** DATA SECTION follows **

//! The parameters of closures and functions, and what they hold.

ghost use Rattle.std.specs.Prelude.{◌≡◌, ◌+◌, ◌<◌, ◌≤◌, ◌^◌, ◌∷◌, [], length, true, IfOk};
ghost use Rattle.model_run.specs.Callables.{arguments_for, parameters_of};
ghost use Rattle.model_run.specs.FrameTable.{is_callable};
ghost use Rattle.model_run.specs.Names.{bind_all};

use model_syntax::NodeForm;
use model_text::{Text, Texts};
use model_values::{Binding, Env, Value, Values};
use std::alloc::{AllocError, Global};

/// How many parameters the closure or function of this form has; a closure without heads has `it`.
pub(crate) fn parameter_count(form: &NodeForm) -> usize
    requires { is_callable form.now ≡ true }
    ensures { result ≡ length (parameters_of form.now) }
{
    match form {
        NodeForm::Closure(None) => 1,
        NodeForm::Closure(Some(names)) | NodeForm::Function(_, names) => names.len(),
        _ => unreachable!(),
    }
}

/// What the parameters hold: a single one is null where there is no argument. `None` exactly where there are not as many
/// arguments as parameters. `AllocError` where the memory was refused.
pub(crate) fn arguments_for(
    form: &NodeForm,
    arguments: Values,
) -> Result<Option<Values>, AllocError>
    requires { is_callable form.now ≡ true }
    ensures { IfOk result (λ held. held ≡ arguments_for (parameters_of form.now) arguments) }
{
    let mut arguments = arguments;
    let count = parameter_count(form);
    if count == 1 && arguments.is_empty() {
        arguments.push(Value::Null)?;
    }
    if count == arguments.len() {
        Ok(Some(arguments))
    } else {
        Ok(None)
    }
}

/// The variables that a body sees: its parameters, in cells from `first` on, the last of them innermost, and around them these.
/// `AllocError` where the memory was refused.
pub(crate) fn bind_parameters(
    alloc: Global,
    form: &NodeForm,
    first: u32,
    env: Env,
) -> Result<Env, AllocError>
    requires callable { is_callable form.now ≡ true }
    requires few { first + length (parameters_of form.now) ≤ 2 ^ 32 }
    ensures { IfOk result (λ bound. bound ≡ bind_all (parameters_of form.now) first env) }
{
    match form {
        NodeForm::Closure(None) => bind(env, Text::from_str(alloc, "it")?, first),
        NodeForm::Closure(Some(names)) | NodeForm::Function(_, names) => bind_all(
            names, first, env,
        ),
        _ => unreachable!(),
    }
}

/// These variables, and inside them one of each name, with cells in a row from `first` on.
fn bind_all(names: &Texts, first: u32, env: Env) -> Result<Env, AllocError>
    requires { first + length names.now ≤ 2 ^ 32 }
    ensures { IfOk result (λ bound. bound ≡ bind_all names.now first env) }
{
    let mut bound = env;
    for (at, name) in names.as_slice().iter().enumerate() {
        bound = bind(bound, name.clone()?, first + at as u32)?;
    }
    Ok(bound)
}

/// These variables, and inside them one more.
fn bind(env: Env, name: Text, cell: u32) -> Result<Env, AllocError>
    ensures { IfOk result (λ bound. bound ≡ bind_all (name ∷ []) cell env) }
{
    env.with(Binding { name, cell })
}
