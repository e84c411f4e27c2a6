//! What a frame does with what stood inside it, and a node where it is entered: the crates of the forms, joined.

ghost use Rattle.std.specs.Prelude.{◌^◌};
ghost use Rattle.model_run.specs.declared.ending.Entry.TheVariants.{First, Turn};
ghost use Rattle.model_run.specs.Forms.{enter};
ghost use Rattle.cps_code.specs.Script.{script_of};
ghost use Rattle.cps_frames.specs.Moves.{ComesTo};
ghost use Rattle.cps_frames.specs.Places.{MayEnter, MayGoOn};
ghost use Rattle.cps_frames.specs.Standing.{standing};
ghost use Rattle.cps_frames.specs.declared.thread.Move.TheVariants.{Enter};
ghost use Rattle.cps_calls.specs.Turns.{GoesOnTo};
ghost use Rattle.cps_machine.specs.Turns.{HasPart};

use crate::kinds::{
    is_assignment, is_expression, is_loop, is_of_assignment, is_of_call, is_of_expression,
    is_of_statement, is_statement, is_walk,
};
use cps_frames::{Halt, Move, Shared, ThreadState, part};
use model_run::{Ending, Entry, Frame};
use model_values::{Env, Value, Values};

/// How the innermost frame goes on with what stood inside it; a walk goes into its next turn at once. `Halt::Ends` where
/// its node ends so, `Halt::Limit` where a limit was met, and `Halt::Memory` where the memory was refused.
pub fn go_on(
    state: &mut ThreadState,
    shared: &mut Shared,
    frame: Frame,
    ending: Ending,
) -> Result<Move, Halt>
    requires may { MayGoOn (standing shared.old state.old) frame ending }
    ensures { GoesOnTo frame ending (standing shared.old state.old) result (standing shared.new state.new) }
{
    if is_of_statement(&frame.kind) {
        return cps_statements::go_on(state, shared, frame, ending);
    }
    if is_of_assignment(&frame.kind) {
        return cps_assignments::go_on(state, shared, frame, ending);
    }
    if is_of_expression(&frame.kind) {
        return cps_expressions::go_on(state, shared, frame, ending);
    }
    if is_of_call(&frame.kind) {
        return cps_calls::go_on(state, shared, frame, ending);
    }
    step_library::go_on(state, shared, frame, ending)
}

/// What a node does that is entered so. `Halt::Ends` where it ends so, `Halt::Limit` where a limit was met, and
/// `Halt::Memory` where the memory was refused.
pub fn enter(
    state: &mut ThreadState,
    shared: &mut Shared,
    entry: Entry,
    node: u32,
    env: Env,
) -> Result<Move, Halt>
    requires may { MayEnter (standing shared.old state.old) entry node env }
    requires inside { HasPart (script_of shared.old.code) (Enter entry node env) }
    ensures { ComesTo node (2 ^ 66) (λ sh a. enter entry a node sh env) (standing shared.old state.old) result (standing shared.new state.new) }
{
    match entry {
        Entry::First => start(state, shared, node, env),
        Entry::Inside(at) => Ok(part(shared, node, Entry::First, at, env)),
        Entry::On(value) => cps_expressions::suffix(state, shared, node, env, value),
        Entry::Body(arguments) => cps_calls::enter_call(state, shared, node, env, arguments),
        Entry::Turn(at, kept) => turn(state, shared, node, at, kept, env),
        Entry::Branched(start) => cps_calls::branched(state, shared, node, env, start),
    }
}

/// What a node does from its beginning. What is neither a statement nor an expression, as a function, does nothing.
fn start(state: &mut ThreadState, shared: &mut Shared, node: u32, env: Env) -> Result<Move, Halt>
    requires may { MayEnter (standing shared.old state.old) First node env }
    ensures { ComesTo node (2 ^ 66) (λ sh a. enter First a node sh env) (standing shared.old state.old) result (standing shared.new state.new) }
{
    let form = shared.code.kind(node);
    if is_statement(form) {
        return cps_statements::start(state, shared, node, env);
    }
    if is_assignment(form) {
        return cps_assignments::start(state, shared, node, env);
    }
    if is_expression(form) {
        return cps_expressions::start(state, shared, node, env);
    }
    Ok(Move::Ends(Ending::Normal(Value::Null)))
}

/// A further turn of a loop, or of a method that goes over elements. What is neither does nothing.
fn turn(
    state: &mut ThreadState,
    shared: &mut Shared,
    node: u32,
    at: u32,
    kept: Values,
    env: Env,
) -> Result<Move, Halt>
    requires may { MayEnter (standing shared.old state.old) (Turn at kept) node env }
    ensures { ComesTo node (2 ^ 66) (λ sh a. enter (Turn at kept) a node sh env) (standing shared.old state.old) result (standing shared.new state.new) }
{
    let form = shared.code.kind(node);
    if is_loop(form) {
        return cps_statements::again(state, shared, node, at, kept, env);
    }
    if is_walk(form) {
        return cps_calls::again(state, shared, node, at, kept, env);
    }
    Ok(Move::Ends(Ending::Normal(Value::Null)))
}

** End of DATA SECTION **

**PROBLEM TO WORK ON**
Count how many lines of the data include the word "requires". Your reply should be that number alone.

**OUTPUT BELOW**
10